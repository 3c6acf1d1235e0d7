// A refusal, or a plan with its price and tries, as lines.
ghost use Rattle.std.specs.Prelude.{◌≡◌, ◌+◌, ◌*◌, ◌≤◌, ◌∷◌, ◌++◌, length, take};
ghost use Rattle.frames.specs.Hexadecimal.{hex_line};
ghost use Rattle.pricing.specs.Shown.{in_bytes};
ghost use Rattle.program.specs.Outputs.{fault_line, pair_lines, plan_lines};

use crate::labels::Label;
use crate::{Output, Refused};
use pricing::{PRICE_ROOM, PrintableModel};

// A refusal as one line of five bytes.
pub(crate) fn fault_output(refused: Refused) -> Output
    ensures { take result.len result.bytes ≡ fault_line refused }
{
    let (layer, number) = (refused.fault.layer().number(), refused.fault.number());
    let [high, low] = refused.line.to_be_bytes();
    let mut output = Output::empty();
    output.labelled(Label::Fault, &[layer, number, high, low]);
    output
}

// The plan bytes, a pair a line.
fn put_pairs(output: &mut Output, plan: &[u8])
    requires { 2 * output.old.len + 5 * length plan.now ≤ 290 }
    ensures text { take output.new.len output.new.bytes ≡ take output.old.len output.old.bytes ++ pair_lines plan.now }
    ensures room { output.new.len ≤ 145 }
{
    let mut left = plan;
    while let [first, second, rest @ ..] = left {
        output.line(&[*first, *second]);
        left = rest;
    }
}

// The price's bytes.
fn put_price<M: PrintableModel>(output: &mut Output, model: &M, price: M::Price)
    requires { output.old.len ≤ 145 }
    ensures text { take output.new.len output.new.bytes ≡ take output.old.len output.old.bytes ++ hex_line (0x1E ∷ M.shown model.now price) }
    ensures room { output.new.len ≤ 172 }
{
    let mut room = [0; PRICE_ROOM];
    let count = model.bytes(price, &mut room);
    output.labelled(Label::Price, &room[0..count]);
}

// The tries in 8 bytes.
fn put_tries(output: &mut Output, tries: u64)
    requires { output.old.len ≤ 172 }
    ensures text { take output.new.len output.new.bytes ≡ take output.old.len output.old.bytes ++ hex_line (0x1F ∷ in_bytes 8 tries) }
{
    output.labelled(Label::Tries, &tries.to_be_bytes());
}

// A plan, its price and its tries.
pub(crate) fn plan_output<M: PrintableModel>(
    model: &M,
    plan: &[u8],
    price: M::Price,
    tries: u64,
) -> Output
    requires { length plan.now ≤ 58 }
    ensures { take result.len result.bytes ≡ plan_lines plan.now (M.shown model.now price) tries }
{
    let mut output = Output::empty();
    put_pairs(&mut output, plan);
    put_price(&mut output, model, price);
    put_tries(&mut output, tries);
    output
}
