// The first bytes of the lines that are none of the plan's.

// A price; the tries; a fault.
#[derive(Clone, Copy, PartialEq, Eq, Debug)]
pub(crate) enum Label {
    Price = 0x1E,
    Tries = 0x1F,
    Fault = 0xFF,
}
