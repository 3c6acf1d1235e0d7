// Why a program writes no plan.
ghost use Rattle.std.specs.Prelude.{◌≡◌};
ghost use Rattle.frames.specs.Faults.{layer_number};
ghost use Rattle.program.specs.Faults.{on_line, program_layer, program_number};
ghost use Rattle.program.specs.declared.faults.ProgramFault.TheVariants.{Change, Frame, Line, Solve};

use catalogue::ChangeRefusal;
use frames::{FrameFault, Layer, LineFault};
use solver::SolveRefusal;

// The fault of a layer below, unchanged, or that the input is too long.
#[derive(Clone, Copy, PartialEq, Eq, Debug)]
pub enum ProgramFault {
    InputTooLong,
    Line(LineFault),
    Frame(FrameFault),
    Change(ChangeRefusal),
    Solve(SolveRefusal),
}

impl ProgramFault {
    // The refusal's number, which its cause has.
    pub fn number(self) -> u8
        ensures { result ≡ program_number self }
    {
        match self {
            ProgramFault::InputTooLong => 25,
            ProgramFault::Line(fault) => fault.number(),
            ProgramFault::Frame(fault) => fault.number(),
            ProgramFault::Change(refusal) => refusal.number(),
            ProgramFault::Solve(refusal) => refusal.number(),
        }
    }

    // The layer that refuses.
    pub fn layer(self) -> Layer
        ensures { layer_number result ≡ program_layer self }
    {
        match self {
            ProgramFault::InputTooLong => Layer::Lines,
            ProgramFault::Line(fault) => fault.layer(),
            ProgramFault::Frame(fault) => fault.layer(),
            ProgramFault::Change(_) => Layer::Changes,
            ProgramFault::Solve(_) => Layer::Solve,
        }
    }
}

// A fault and the number of the line that it names.
#[derive(Clone, Copy, PartialEq, Eq, Debug)]
pub struct Refused {
    pub fault: ProgramFault,
    pub line: u16,
}

// What was judged, or the refusal of the line that it names.
pub(crate) fn at_line<T>(judged: Result<T, ProgramFault>, line: u16) -> Result<T, Refused>
    ensures { result ≡ on_line line judged }
{
    judged.map_err(|fault| Refused { fault, line })
}

// `From` is written out: the kit's derive of it has no contract, and clauses name the fault that `?` makes.
impl From<LineFault> for ProgramFault {
    ghost from_gives = { λ e r. r ≡ Line e };

    fn from(fault: LineFault) -> ProgramFault {
        ProgramFault::Line(fault)
    }
}

impl From<FrameFault> for ProgramFault {
    ghost from_gives = { λ e r. r ≡ Frame e };

    fn from(fault: FrameFault) -> ProgramFault {
        ProgramFault::Frame(fault)
    }
}

impl From<ChangeRefusal> for ProgramFault {
    ghost from_gives = { λ e r. r ≡ Change e };

    fn from(refusal: ChangeRefusal) -> ProgramFault {
        ProgramFault::Change(refusal)
    }
}

impl From<SolveRefusal> for ProgramFault {
    ghost from_gives = { λ e r. r ≡ Solve e };

    fn from(refusal: SolveRefusal) -> ProgramFault {
        ProgramFault::Solve(refusal)
    }
}
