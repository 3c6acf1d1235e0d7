// A whole run of a program: lines of hexadecimal in, a plan or one fault line out.
#![tactic(auto)]

mod faults;
mod gathering;
mod judging;
mod labels;
mod outputs;
mod running;
mod writing;

pub use faults::{ProgramFault, Refused};
pub use outputs::Output;
pub use running::{MOST_INPUT, run};
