// All lines of the input.
ghost use Rattle.std.specs.Prelude.{◌≡◌, ◌≤◌, length};
ghost use Rattle.catalogue.specs.Asked.{asked};
ghost use Rattle.frames.specs.Lines.{lines_of};
ghost use Rattle.frames.specs.declared.turns.Turn.TheVariants.{Tables};
ghost use Rattle.program.specs.Runs.{Gathers, gathered};

use crate::Refused;
use crate::faults::at_line;
use crate::judging::{ended, judge};
use frames::{Turn, next_line};
use planner::Question;
use pricing::PriceModel;

// Judges the lines in their order, and answers the number of the last, which is the end's; so the lines are counted.
pub(crate) fn gather<M: PriceModel>(
    question: &mut Question<M>,
    input: &[u8],
) -> Result<u16, Refused>
    requires { length input.now ≤ 8192 }
    ensures model { question.new.model ≡ question.old.model }
    ensures outcome { Gathers (gathered 0 (record { turn = Tables; question = asked question.old.held.catalogue }) (lines_of input.now)) result (asked question.new.held.catalogue) }
{
    let mut turn = Turn::Tables;
    let mut number = 0;
    let mut rest = input;
    while let Some((line, others)) = next_line(rest) {
        number += 1;
        turn = at_line(judge(question, turn, line), number)?;
        rest = others;
    }
    at_line(ended(turn), number + 1)?;
    Ok(number)
}
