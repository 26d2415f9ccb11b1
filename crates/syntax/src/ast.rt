// The parts of a parser. What each type means in the model is specs/View.antt.

// At most 16 expressions in one another are kept and right: 15 below the first.
pub const DEPTH: u8 = 15;

// Bits that are copied: of a header, of a constant (one bit to a byte), from one bit of an
// expression up to and with a later one, or of two expressions joined.
#[derive(PartialEq, Eq, Debug, Drop)]
pub enum Expr {
    Header(u16),
    Bits(Vec<u8>),
    Slice(Box<Expr>, u16, u16),
    Join(Box<Expr>, Box<Expr>),
}

// A header gets the next bits of the input, or the value of an expression.
#[derive(PartialEq, Eq, Debug, Drop)]
pub enum Op {
    Extract(u16),
    Assign(u16, Expr),
}

// Where a state leads.
#[derive(Clone, Copy, PartialEq, Eq, Debug)]
pub enum Target {
    State(u16),
    Accept,
    Reject,
}

// What a select key is held to.
#[derive(PartialEq, Eq, Debug, Drop)]
pub enum Pattern {
    Exactly(Vec<u8>),
    Any,
}

// A pattern for each select key, and where the case leads.
#[derive(PartialEq, Eq, Debug, Drop)]
pub struct Case {
    pub patterns: Vec<Pattern>,
    pub target: Target,
}

// Ops are done in order; then the first case that matches the keys leads on, else `otherwise`.
#[derive(PartialEq, Eq, Debug, Drop)]
pub struct State {
    pub ops: Vec<Op>,
    pub keys: Vec<Expr>,
    pub cases: Vec<Case>,
    pub otherwise: Target,
}

// How many bits each header has, and the states.
#[derive(PartialEq, Eq, Debug, Drop)]
pub struct Parser {
    pub sizes: Vec<u16>,
    pub states: Vec<State>,
}
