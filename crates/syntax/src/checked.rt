// A parser that was found right: none of the refusals 2 to 6 applies to it.
ghost use Rattle.std.specs.Prelude.{◌≡◌};
ghost use Rattle.model.specs.Refusal.{fault};
ghost use Rattle.syntax.specs.View.{parser_of};

use crate::ast::Parser;

#[derive(Drop)]
pub struct Checked {
    pub parser: Parser,
    ghost right: { fault (parser_of parser) ≡ 0 },
}
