// A parser as a Rust programmer writes it: its parts, and one that was found right.
#![tactic(auto)]

mod ast;
mod checked;

pub use ast::{Case, DEPTH, Expr, Op, Parser, Pattern, State, Target};
pub use checked::Checked;
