//! The calls of a rank that make stores and updates visible (MPI 4.0, "One-Sided Communications").
//!
//! In the separate memory model, what a rank stores in its own memory reaches the copy that others access by a call that
//! [`publishes`] it, and what others update there reaches the rank itself by one that [`makes_visible`] it. [`list_calls`] puts
//! the sound ones of a rank into [`rma_rules::Spans`], by window. It takes constant work a call.
#![tactic(auto)]

mod lists;
mod visible;

pub use lists::list_calls;
pub use visible::{makes_visible, publishes};
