//! Which calls make stores and updates visible.
ghost use Rattle.std.specs.Prelude.{◌≡◌};
ghost use Rattle.rma_call.specs.Call.{what_of};
ghost use Rattle.rma_call.specs.declared.what.What.TheVariants.{Sync};
ghost use Rattle.rma_call.specs.declared.what.SyncCall.TheVariants as sync;
ghost use Rattle.rma_visibility.specs.Visibility.{makes_visible, publishes};

use rma_call::{EpochCall, WhatRef, WindowCall};

/// Whether a call that does this publishes to the window that it is on what its rank stored before.
pub fn publishes(what: WhatRef<'_>) -> bool
    ensures { result ≡ publishes (what_of what.entry) }
{
    match what {
        WhatRef::Window(call) => creates_or_frees(call),
        WhatRef::Epoch(call) => ends_access(call),
        WhatRef::Frame(_) => false,
        WhatRef::Message(_) => false,
        WhatRef::Moving(_) => false,
        WhatRef::Rma(_) => false,
        WhatRef::Local(_) => false,
    }
}

/// Whether a call creates or frees a window.
fn creates_or_frees(call: &WindowCall) -> bool
    ensures { result ≡ publishes (Sync (sync.Window call.now)) }
{
    match call {
        WindowCall::Create { .. } => true,
        WindowCall::Free { .. } => true,
        WindowCall::Attach { .. } => false,
        WindowCall::Detach { .. } => false,
    }
}

/// Whether a call of an epoch publishes.
fn ends_access(call: &EpochCall) -> bool
    ensures { result ≡ publishes (Sync (sync.Epoch call.now)) }
{
    match call {
        EpochCall::Fence { .. } => true,
        EpochCall::Post { .. } => true,
        EpochCall::Unlock { .. } => true,
        EpochCall::UnlockAll { .. } => true,
        EpochCall::Sync { .. } => true,
        _ => false,
    }
}

/// Whether a call that does this makes visible to its rank what others updated before through the window that it is on.
pub fn makes_visible(what: WhatRef<'_>) -> bool
    ensures { result ≡ makes_visible (what_of what.entry) }
{
    match what {
        WhatRef::Window(call) => frees(call),
        WhatRef::Epoch(call) => begins_access(call),
        WhatRef::Frame(_) => false,
        WhatRef::Message(_) => false,
        WhatRef::Moving(_) => false,
        WhatRef::Rma(_) => false,
        WhatRef::Local(_) => false,
    }
}

/// Whether a call frees a window.
fn frees(call: &WindowCall) -> bool
    ensures { result ≡ makes_visible (Sync (sync.Window call.now)) }
{
    matches!(call, WindowCall::Free { .. })
}

/// Whether a call of an epoch makes updates visible.
fn begins_access(call: &EpochCall) -> bool
    ensures { result ≡ makes_visible (Sync (sync.Epoch call.now)) }
{
    match call {
        EpochCall::Fence { .. } => true,
        EpochCall::Expwait { .. } => true,
        EpochCall::Lock { .. } => true,
        EpochCall::LockAll { .. } => true,
        EpochCall::Sync { .. } => true,
        _ => false,
    }
}
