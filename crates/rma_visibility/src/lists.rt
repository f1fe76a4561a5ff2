//! The lists of such calls.
ghost use Rattle.std.specs.Prelude.{◌≡◌, ◌<◌, ◌≤◌, ◌^◌, ◌++◌, ◌∷◌, [], List, Option, All, length, OnOk};
ghost use Rattle.rma_base.specs.Limits.{fed_limit};
ghost use Rattle.rma_call.specs.Call.{Call, call_of, what_of};
ghost use Rattle.rma_epoch.specs.Table.{AreEpochs, at_what, on_window, sound_calls};
ghost use Rattle.rma_rules.specs.Spans.{publishing_of, visible_of};
ghost use Rattle.rma_window.specs.Windows.{Window};
ghost use Rattle.rma_visibility.specs.Visibility.{AreListed, AreOthersSame, number_at, where_so};
ghost use Rattle.rma_visibility.specs.inside.Listed.{with_some};

use crate::visible::{makes_visible, publishes};
use rma_base::{Memory, Rank};
use rma_call::{CallList, WhatRef, WindowCall};
use rma_epoch::{EpochTable, PartTable};
use rma_rules::Spans;
use rma_window::{WindowId, Windows};

/// Adds the sound calls of a rank, of which none is listed yet: those that publish its stores, and those that make updates
/// visible to it.
///
/// # Errors
///
/// `Memory`, and then nothing is said of what is listed.
pub fn list_calls(
    spans: &mut Spans,
    windows: &Windows,
    rank: Rank,
    calls: &CallList,
    table: &EpochTable,
) -> Result<(), Memory>
    requires few { length calls.now.calls ≤ fed_limit }
    requires table { AreEpochs windows.now calls.now table.now }
    requires none { AreListed windows.now rank [] spans.old }
    ensures own { OnOk result (AreListed windows.now rank (sound_calls windows.now calls.now.calls) spans.new) }
    ensures others { OnOk result (AreOthersSame rank spans.old spans.new) }
{
    for i in 0..table.sound() {
        let call = calls.get(i as usize);
        let number = calls.what_number(i as usize);
        let window = window_at(windows, table.parts(), number, call.what);
        list_call(spans, rank, window, i, call.what)?;
    }
    Ok(())
}

/// The window that calls are on, or create, whose number of what they do is this one.
fn window_at(
    windows: &Windows,
    parts: &PartTable,
    number: u32,
    what: WhatRef<'_>,
) -> Option<WindowId>
    requires { at_what parts.now number ≡ on_window windows.now (what_of what) }
    ensures { result ≡ number_at windows.now (what_of what.entry) }
{
    match what {
        WhatRef::Window(WindowCall::Create { window, .. }) => windows.find(window),
        _ => parts.window(number),
    }
}

/// Adds the next call of a rank, which has this number and is on this window, or creates it.
fn list_call(
    spans: &mut Spans,
    rank: Rank,
    window: Option<WindowId>,
    number: u32,
    what: WhatRef<'_>,
) -> Result<(), Memory>
    requires small { number < 2 ^ 31 }
    requires listed { (windows : List Window) × (calls : List Call) × (number ≡ length calls) × AreListed windows rank calls spans.old }
    ensures own { OnOk result ((windows : List Window) (calls : List Call) (call : Call) → call.what ≡ what_of what.entry → window ≡ number_at windows call.what → number ≡ length calls
        → AreListed windows rank calls spans.old → AreListed windows rank (calls ++ call ∷ []) spans.new) }
    ensures others { OnOk result (AreOthersSame rank spans.old spans.new) }
{
    add_publishing(spans, rank, where_so(publishes(what), window), number)?;
    add_visible(spans, rank, where_so(makes_visible(what), window), number)
}

/// A window, where something holds.
fn where_so(holds: bool, window: Option<WindowId>) -> Option<WindowId>
    ensures { result ≡ where_so holds window }
{
    if holds { window } else { None }
}

/// Adds a call that publishes to a window, if there is one.
fn add_publishing(
    spans: &mut Spans,
    rank: Rank,
    window: Option<WindowId>,
    number: u32,
) -> Result<(), Memory>
    requires small { number < 2 ^ 31 }
    requires after { (window : WindowId) → All (λ earlier. earlier < number) (publishing_of spans.old rank window) }
    ensures { OnOk result (spans.new ≡ record spans.old { publishing = with_some spans.old.publishing rank window number }) }
{
    match window {
        Some(window) => spans.add_publishing(rank, window, number),
        None => Ok(()),
    }
}

/// Adds a call that makes visible what came through a window, if there is one.
fn add_visible(
    spans: &mut Spans,
    rank: Rank,
    window: Option<WindowId>,
    number: u32,
) -> Result<(), Memory>
    requires small { number < 2 ^ 31 }
    requires after { (window : WindowId) → All (λ earlier. earlier < number) (visible_of spans.old rank window) }
    ensures { OnOk result (spans.new ≡ record spans.old { visible = with_some spans.old.visible rank window number }) }
{
    match window {
        Some(window) => spans.add_visible(rank, window, number),
        None => Ok(()),
    }
}
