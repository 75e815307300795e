//! The messages of the terminals, as the network hears them.

/// A message of TEI management that a terminal sends (Q.921 clause 5.3.6, table 8).
#[derive(Clone, Copy)]
pub enum Heard {
    /// A terminal asks for any TEI, by a reference number Ri of its choice (clause 5.3.2).
    IdentityRequest { ri: u16 },
    /// A terminal asks for this TEI, one of those that the network assigns.
    IdentityRequestOf { ri: u16, tei: u8 },
    /// A terminal has this TEI (clause 5.3.3.2).
    IdentityCheckResponse { tei: u8 },
    /// A terminal asks for a check of its TEI (clause 5.3.5).
    IdentityVerify { tei: u8 },
}
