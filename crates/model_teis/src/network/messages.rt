//! The messages of the network.

/// A message of TEI management that the network sends to the terminals of a line (Q.921 clause
/// 5.3.6, table 8).
#[derive(Clone, Copy, PartialEq, Eq, Debug)]
pub enum Message {
    /// The TEI is assigned to the terminal that asked for one with this reference number Ri (clause
    /// 5.3.2).
    IdentityAssigned {
        /// That of the request.
        ri: u16,
        /// 64 to 126.
        tei: u8,
    },
    /// No TEI can be assigned to the terminal that asked with this Ri (clause 5.3.2).
    IdentityDenied {
        /// That of the request.
        ri: u16,
        /// 127, or 64 to 126 if the terminal asked for this one.
        tei: u8,
    },
    /// Each terminal with this TEI is to answer (clause 5.3.3.2).
    IdentityCheckRequest {
        /// 0 to 126.
        tei: u8,
    },
    /// Each terminal with this TEI is to give it up, or each terminal, if it is 127 (clause 5.3.4).
    IdentityRemove {
        /// 0 to 127.
        tei: u8,
    },
}
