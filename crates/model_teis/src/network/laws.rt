//! What holds of the table of TEI management itself.

ghost use Rattle.model_teis.specs.network.Laws.{IsSoundThroughout, ChangesAreTold, LowestIsAssigned, NewIsAssigned, OneIsFree, FewMoreWait, FewAreLost, OneFewerWaits, ReadingStays, UnservedChangesNothing, T201Follows, ExpiredT201Follows, DownGivesUp, DisownSendsRemove, DisownSpares, DisownAllSpares};

/// TEI management is sound from the empty table on, after any events and pulls whose requests name TEIs of at most 126, or
/// disown one of at most 127. No TEI and no Ri stands twice, and each TEI is at most 126. At most four assignments are
/// remembered, each of a TEI that is on the line, and none by annex B. At most four messages wait, each with an Ai of at most
/// 127. A check is of a TEI that is on the line, and has at most one response in each period; it settles only by annex B, and
/// has none then. A check is due only by annex B, only while another runs, and only of another TEI on the line. This is a law
/// about the definitions in `specs/`; the call does nothing.
pub fn sound_throughout()
    ensures { IsSoundThroughout }
{}

/// In sound management, and for events whose requests name TEIs of that range: the change that is told
/// of an event is the change of the table, and a TEI that came was not on the line and took the lowest
/// free place. A law about the definitions in `specs/`; the call does nothing.
#[tactic(auto, using(crate::proofs::OfNetwork::LawLemmas::changes_are_told))]
pub fn changes_are_told()
    ensures { ChangesAreTold }
{}

/// If a terminal is assigned a TEI, it is the lowest of 64 to 126 that is not on the line, and in a
/// table of fewer than 63 places one of these is always free. One whose Ri is not remembered gets it,
/// if there is room for the answer and a place is free; by annex B also no answer to it may wait. A law
/// about the definitions in `specs/`; the call does nothing.
pub fn lowest_is_assigned()
    ensures lowest { LowestIsAssigned }
    ensures new { NewIsAssigned }
    ensures one { OneIsFree }
{}

/// An event lets at most one message more wait, if a check that is due counts as the message with which it begins, and loses
/// at most one. By annex B a message that is heard lets two wait at most. A pull lets one fewer wait, or finds none. A law about
/// the definitions in `specs/`; the call does nothing.
#[tactic(auto, using(crate::proofs::OfNetwork::LawLemmas::few_more_wait, crate::proofs::OfNetwork::LawLemmas::few_are_lost))]
pub fn few_more_wait()
    ensures more { FewMoreWait }
    ensures lost { FewAreLost }
    ensures fewer { OneFewerWaits }
{}

/// No event changes the reading of the table. A law about the definitions in `specs/`; the call does nothing.
#[tactic(auto, using(crate::proofs::OfNetwork::LawLemmas::reading_stays))]
pub fn reading_stays()
    ensures { ReadingStays }
{}

/// A message that is not served changes nothing, and nothing else is told of it. A law about the
/// definitions in `specs/`; the call does nothing.
#[tactic(auto, using(crate::proofs::OfNetwork::LawLemmas::unserved_changes_nothing))]
pub fn unserved_changes_nothing()
    ensures { UnservedChangesNothing }
{}

/// T201 runs while a TEI is under check, and a caller that obeys the orders runs it then, and only then. An event
/// has one order at most: a Start of T201 after which a check runs, or a Stop after which none does. It has none
/// if T201 goes on as it was. After its own expiry T201 is started anew, or no check runs. A law
/// about the definitions in `specs/`; the call does nothing.
#[tactic(auto, using(crate::proofs::OfNetwork::Followed::t201_follows, crate::proofs::OfNetwork::Followed::expired_t201_follows))]
pub fn orders_follow_the_check()
    ensures each { T201Follows }
    ensures expired { ExpiredT201Follows }
{}

/// If the line is down (Q.921 annex B, persistent deactivation), no message waits, and no check runs or is due. The TEIs
/// and what is remembered of their assignments stay, and all that is told is that T201 stops, if it ran. A law about the
/// definitions in `specs/`; the call does nothing.
#[tactic(auto, using(crate::proofs::OfNetwork::GivenUp::down_gives_up))]
pub fn down_gives_up()
    ensures { DownGivesUp }
{}

/// A TEI that is not in use is disowned (Q.921 clause 5.3.4): an identity remove of it waits after the other messages,
/// nothing else changes, and nothing is told. One that is on the line is never disowned, and while any is, all are not. A law
/// about the definitions in `specs/`; the call does nothing.
pub fn disowned_is_nobodys()
    ensures sends { DisownSendsRemove }
    ensures spares { DisownSpares }
    ensures spares_all { DisownAllSpares }
{}
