//! The check of a TEI.

/// A check of a TEI that is under way (Q.921 clause 5.3.3.2).
#[derive(Clone, Copy, PartialEq, Eq, Debug)]
pub struct Check {
    /// Of which TEI.
    pub tei: u8,
    /// Which run of T201 it is.
    pub period: Period,
    /// How many responses came in the first period: 0 or 1, since the second ends the check.
    pub first: u8,
    /// How many came in the second period: 0 or 1.
    pub second: u8,
}

/// A check asks twice, and awaits responses for one run of T201 each time. One that was due (annex B) settles for one run
/// before that.
#[derive(Clone, Copy, PartialEq, Eq, Debug)]
pub enum Period {
    /// The first run of T201.
    First,
    /// The second, after which the check ends.
    Second,
    /// The run before the first: the terminals have not been asked yet, and no response counts.
    Settling,
}
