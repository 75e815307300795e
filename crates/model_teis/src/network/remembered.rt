//! An assignment that is remembered.

/// The TEI that was assigned to a request with this reference number Ri.
#[derive(Clone, Copy, PartialEq, Eq, Debug, Default)]
pub struct Remembered {
    /// The reference number of the request.
    pub ri: u16,
    /// The TEI, 64 to 126.
    pub tei: u8,
}
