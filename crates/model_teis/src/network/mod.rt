//! The network's side.
//!
//! - `messages`, `heard`: the messages of the network and of the terminals.
//! - `check`: the check of a TEI that runs.
//! - `remembered`: the latest assignments, for requests that come again.
//! - `laws`: what holds of the table of events itself.

mod check;
mod heard;
mod laws;
mod messages;
mod remembered;

pub use check::{Check, Period};
pub use heard::Heard;
pub use laws::{
    changes_are_told, disowned_is_nobodys, down_gives_up, few_more_wait, lowest_is_assigned,
    orders_follow_the_check, reading_stays, sound_throughout, unserved_changes_nothing,
};
pub use messages::Message;
pub use remembered::Remembered;
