// The receiver as C and Rust link it, by board_c: functions of the crates below, the order as its number and its values.
// The names end in the number of the structs' layout: a header of another layout asks for other names, and does not link.
#![tactic(auto)]

ghost use Rattle.std.specs.Prelude.{◌≡◌, length};
ghost use Rattle.unit.specs.Protocol.{fresh_state};
ghost use Rattle.state.specs.State.{board_of};
ghost use Rattle.state.specs.Parts.{board_at};
ghost use Rattle.state.specs.Sound.{refusal_of};
ghost use Rattle.state.specs.Refused.{report_in};
ghost use Rattle.clock.specs.Report.{reported};
ghost use Rattle.drive.specs.Report.{reported as located};
ghost use Rattle.flash.specs.Flash.{out_number, handed, taken_back};
ghost use Rattle.board.specs.Answer.{left_in, Answered};

use position::{Microsteps, Position, Steps};
use state::{Board, Refusal, Report, Rest};

// What a call answers, flat and by numbers, as C gets it: an order that carries no steps and microsteps has 0 and 0.
#[repr(C)]
#[derive(Clone, Copy)]
pub struct Answer {
    pub rest: Rest,
    pub taken: usize,
    pub written: usize,
    pub steps: Steps,
    pub microsteps: Microsteps,
    pub number: u8,
    pub order: u8,
}

// What a report to a board answers.
fn report(board: Board, answer: Result<Board, Refusal>) -> Report
    ensures { result ≡ report_in board answer }
{
    Report {
        number: state::number_in(&answer),
        board: answer.unwrap_or(board),
    }
}

// A board that has taken nothing yet.
pub fn rivertosku_fresh_4() -> Board
    ensures { result ≡ board_of fresh_state }
{
    Board::fresh()
}

// One call: a piece of bytes that share a stamp, and room for the replies. The board's arrays are lent, and changed where they stand.
pub fn rivertosku_receive_4(
    table: &mut [u8; table::SIZE],
    held: &mut [u8; sheet::FRAME],
    rest: Rest,
    piece: &[u8],
    stamp: u32,
    reply: &mut [u8],
) -> Answer
    ensures { Answered (board_at table.old held.old rest) stamp piece.now reply.old (left_in table.new held.new result) reply.new }
{
    match receiver::receive_lent(table, held, rest, piece, stamp, reply) {
        Ok(done) => Answer {
            rest: done.board,
            taken: done.taken,
            written: done.written,
            steps: done.order.steps(),
            microsteps: done.order.microsteps(),
            number: 0,
            order: done.order.number(),
        },
        Err(refusal) => Answer {
            rest,
            taken: 0,
            written: 0,
            steps: Steps(0),
            microsteps: Microsteps(0),
            number: u8::from(refusal),
            order: 0,
        },
    }
}

// One report of the time: what is unfinished is dropped where its last byte is too long ago.
pub fn rivertosku_report_clock_4(board: Board, now: u32) -> Report
    ensures { result ≡ reported board now }
{
    report(board, clock::report_time(board, now))
}

// One report of the position: it is the one reported, and nothing else changes.
pub fn rivertosku_report_position_4(board: Board, position: Position) -> Report
    ensures { result ≡ located board position }
{
    report(board, drive::report_position(board, position))
}

// 0, or 3 where the board is not sound: a number, as C gets it.
pub fn rivertosku_judge_4(board: Board) -> u8
    ensures { result ≡ refusal_of board }
{
    state::number_in(&board.judge())
}

// For the flash writer: the table of a board's settings, at the front of out; a refusal writes nothing.
pub fn rivertosku_hand_out_4(board: Board, out: &mut [u8]) -> u8
    ensures { (result ≡ out_number board (length out.old)) × (out.new ≡ handed board out.old) }
{
    state::number_in(&flash::hand_out(board, out))
}

// A board of a stored table; a fresh one where the table is refused.
pub fn rivertosku_take_back_4(bytes: &[u8]) -> Report
    ensures { result ≡ taken_back bytes.now }
{
    report(Board::fresh(), flash::take_back(bytes))
}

What is required
When you repeat the lines, start with the first line of the material and end with the line that contains "let count = model.bytes(price, &mut", keeping both and reproducing each exactly, with nothing added.

Result of the task
repository 3c6acf1d1235e0d7
// A refusal, or a plan with its price and tries, as lines.
ghost use Rattle.std.specs.Prelude.{◌≡◌, ◌+◌, ◌*◌, ◌≤◌, ◌∷◌, ◌++◌, length, take};
ghost use Rattle.frames.specs.Hexadecimal.{hex_line};
ghost use Rattle.pricing.specs.Shown.{in_bytes};
ghost use Rattle.program.specs.Outputs.{fault_line, pair_lines, plan_lines};

use crate::labels::Label;
use crate::{Output, Refused};
use pricing::{PRICE_ROOM, PrintableModel};

// A refusal as one line of five bytes.
pub(crate) fn fault_output(refused: Refused) -> Output
    ensures { take result.len result.bytes ≡ fault_line refused }
{
    let (layer, number) = (refused.fault.layer().number(), refused.fault.number());
    let [high, low] = refused.line.to_be_bytes();
    let mut output = Output::empty();
    output.labelled(Label::Fault, &[layer, number, high, low]);
    output
}

// The plan bytes, a pair a line.
fn put_pairs(output: &mut Output, plan: &[u8])
    requires { 2 * output.old.len + 5 * length plan.now ≤ 290 }
    ensures text { take output.new.len output.new.bytes ≡ take output.old.len output.old.bytes ++ pair_lines plan.now }
    ensures room { output.new.len ≤ 145 }
{
    let mut left = plan;
    while let [first, second, rest @ ..] = left {
        output.line(&[*first, *second]);
        left = rest;
    }
}

// The price's bytes.
fn put_price<M: PrintableModel>(output: &mut Output, model: &M, price: M::Price)
    requires { output.old.len ≤ 145 }
    ensures text { take output.new.len output.new.bytes ≡ take output.old.len output.old.bytes ++ hex_line (0x1E ∷ M.shown model.now price) }
    ensures room { output.new.len ≤ 172 }
{
    let mut room = [0; PRICE_ROOM];
    let count = model.bytes(price, &mut room);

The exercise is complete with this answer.